Web scraping for arts, humanities and social sciences workshop 2013

Durham University, UK, 1 July 2013

By Nick Pearce, SSI Fellow and  Teaching Fellow at The Foundation Centre, Durham University


The whole event was a highlight, i met lots of interesting people, and i was really pleased to spend time with Chris Hanretty, who delivered the workshop. The popularity of the event not only raised my personal profile at the institution but also raised the profile of what might be called computational methods, and this is no mean achievement at as traditional institution as Durham.

Event report

I'd had the idea to put on an event to promote webscraping as a relatively simple 'entry level' coding tool to entice people who wouldn't think of themselves as coders to see the value in coding more generally. I really wasn't sure what the take up would be like, but i was delighted when the event filled up within hours of being advertised.

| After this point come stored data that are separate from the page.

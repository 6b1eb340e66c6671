//! A pool of free pages.

ghost use Rattle.std.specs.Prelude.{◌≡◌, ◌≤◌, [], length, max, take, IfOk, OnOk, OnErr};
ghost use Rattle.std.specs.Vec.{vec_capacity};

use crate::page::Page;
use std::alloc::{AllocError, Global};
use std::marker::Model;

/// Pages that are free, each with room for 65,536 bytes. A contract sees their number, and for how many pages there is
/// room in the list that a region over this pool leaves behind when it is sealed.
#[derive(Drop)]
pub struct PagePool {
    pub(crate) pages: Vec<Page>,
    /// An empty list, made beforehand so that sealing takes no memory.
    pub(crate) spare: Vec<Page>,
}

impl Model for PagePool {
    ghost use Rattle.std.specs.Prelude.{◌≡◌, [], length, ◌<◌, ◌^◌};
    ghost use Rattle.std.specs.Vec.{vec_capacity};
    ghost use Rattle.chunk_region.specs.Holding.{Pooled};

    ghost Value = { Pooled };

    ghost view = { λ pool. record { free = length pool.pages.items; room = vec_capacity pool.spare } };

    ghost invariant = { λ pool. (length pool.pages.items < 2 ^ 32) × (pool.spare.items ≡ []) };
}

impl PagePool {
    /// A pool of `n` free pages, whose memory is taken here.
    pub fn with_pages(alloc: Global, n: u32) -> Result<PagePool, AllocError>
        ensures free { IfOk result (λ pool. pool.free ≡ n) }
        ensures room { IfOk result (λ pool. pool.free ≤ pool.room) }
    {
        let mut pool = PagePool {
            pages: Vec::new(alloc),
            spare: Vec::new(alloc),
        };
        pool.refill(n)?;
        Ok(pool)
    }

    /// Raises the free pages to `n` where they are fewer, or changes nothing.
    pub fn refill(&mut self, n: u32) -> Result<(), AllocError>
        ensures raised { OnOk result (self.new.free ≡ max self.old.free n) }
        ensures room { OnOk result (self.new.free ≤ self.new.room) }
        ensures same { OnErr result (self.new.free ≡ self.old.free) }
        ensures kept { self.old.room ≤ self.new.room }
    {
        let count = self.pages.len().max(n as usize);
        fill(&mut self.pages, &mut self.spare, count)
    }

    /// How many pages are free.
    pub fn free_pages(&self) -> u32
        ensures { result ≡ self.now.free }
    {
        self.pages.len() as u32
    }
}

/// Makes pages until there are `count`, and room for as many in `spare`; or adds none.
pub(crate) fn fill(
    pages: &mut Vec<Page>,
    spare: &mut Vec<Page>,
    count: usize,
) -> Result<(), AllocError>
    requires more { length pages.old.items ≤ count }
    requires none { spare.old.items ≡ [] }
    ensures front { take (length pages.old.items) pages.new.items ≡ pages.old.items }
    ensures count { OnOk result (length pages.new.items ≡ count) }
    ensures same { OnErr result (pages.new.items ≡ pages.old.items) }
    ensures spare { spare.new.items ≡ [] }
    ensures room { OnOk result (count ≤ vec_capacity spare.new) }
    ensures kept { vec_capacity spare.old ≤ vec_capacity spare.new }
{
    spare.reserve(count)?;
    let before = pages.len();
    pages.reserve(count - before)?;
    let made = add_pages(pages, count);
    if made.is_err() {
        pages.truncate(before);
    }
    made
}

/// Makes pages until there are `count`; some where memory is wanted.
fn add_pages(pages: &mut Vec<Page>, count: usize) -> Result<(), AllocError>
    requires more { length pages.old.items ≤ count }
    requires room { count ≤ vec_capacity pages.old }
    ensures front { take (length pages.old.items) pages.new.items ≡ pages.old.items }
    ensures count { OnOk result (length pages.new.items ≡ count) }
{
    let alloc = *pages.allocator();
    for _page in pages.len()..count {
        pages.push_reserved(Page::new(alloc)?);
    }
    Ok(())
}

On the day 25 people turned up, and there was a big variety of people. They were from Law, Anthropology, Education, Psychology, Archaeology and Modern Languages amongst others, as well a couple of STEMers. There was also a wide range of computer experience, from people who already did some coding, so those who had never seen html tags before. Chris’s materials and teaching style were very well recieved and by the end of the most of the participants were working on real scripts scraping stuff off the web, a massive achievement! I happened to bump into one of the anthropologists who was there afterwards who had told me that he was fiddling with some web scraping code the following night, which was great to hear.

I think putting on this event really demonstrates the appetite that there is a range of disciplines which are relatively new to coding. I think the implications of this for the SSI are to try and ensure that the focus isn't too narrowly on the natural sciences, and perhaps see what other low hanging fruit there are for other disciplines who haven't really had a computational turn yet.